The Treasury Department’s General Explanations of the Administration’s Fiscal Year 2023 Revenue Proposals (the “Greenbook”) (available here), which elaborates on revenue proposals in President Joe Biden’s Fiscal Year 2023 Budget Proposal, includes tax proposals supporting the trading and lending markets for digital assets as well as expanding information reporting for digital assets, summarized below.

Extension of Nonrecognition Treatment for Lending Actively Traded Digital Assets

  • Under current law, loans of securities do not result in the recognition of gain or loss (either on initial transfer or return) if made pursuant to agreements that meet certain requirements.
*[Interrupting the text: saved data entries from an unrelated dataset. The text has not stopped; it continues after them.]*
// The first groups of the log (document 02, A.3): memory as it is on the way through restart's step 3.
ghost use Rattle.std.specs.Prelude.{◌≡◌};
ghost use Rattle.inspect.specs.Groups.{of_applied, first_groups_of};

use disk::open::open;
use layout::refusal::Refusal;
use layout::{DISK_LEN, MEMORY_LEN};
use redolog::scan::Reached;
use restart::forward::forward;

// Memory becomes what it is after the first groups, or all if fewer. The end reached is counted from the log's first byte.
pub fn first_groups(disk: &[u8], memory: &mut [u8], groups: usize) -> Result<Reached, Refusal>
    ensures result_value { of_applied result ≡ (first_groups_of disk.now memory.old groups).result }
    ensures memory_after { memory.new ≡ (first_groups_of disk.now memory.old groups).memory }
{
    let Some(disk) = disk.as_array::<DISK_LEN>() else {
        return Err(Refusal::WrongLength);
    };
    let Some(memory) = memory.as_mut_array::<MEMORY_LEN>() else {
        return Err(Refusal::WrongLength);
    };
    let opened = open(disk, memory)?;
    let heads = opened.heads;
    let p = forward(heads, opened.txs, opened.log, groups, memory);
    Ok(Reached {
        end: heads.counters.logend as usize + p.end,
        csn: p.csn,
    })
}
The Greenbook acknowledges the growing market in lending of digital assets and would expand the scope of Section 1058 to cover loans of actively traded digital assets with terms similar to those of securities loans, effective for taxable years beginning after December 31, 2022. Under the proposal, a lender of digital assets would include the same income as if they held the loaned digital asset directly (presumably, for example, airdrops and hard forks).

Extension of Section 475 Mark-to-Market Accounting to Actively Traded Digital Assets

  • Current law allows commodity dealers and security or commodity traders to elect to use the mark-to-market method (generally recognizing ordinary gain or loss on an annual basis based on the change in value of such securities or commodities). The Greenbook would permit dealers and traders of actively traded digital assets (including cryptocurrencies) and derivatives on or hedges of such assets to elect to use the mark-to-market method. Treasury would determine which digital assets are actively traded. Digital assets would be treated as a new class of assets eligible for mark-to-market treatment and not treated as securities or commodities for purposes of the existing rules.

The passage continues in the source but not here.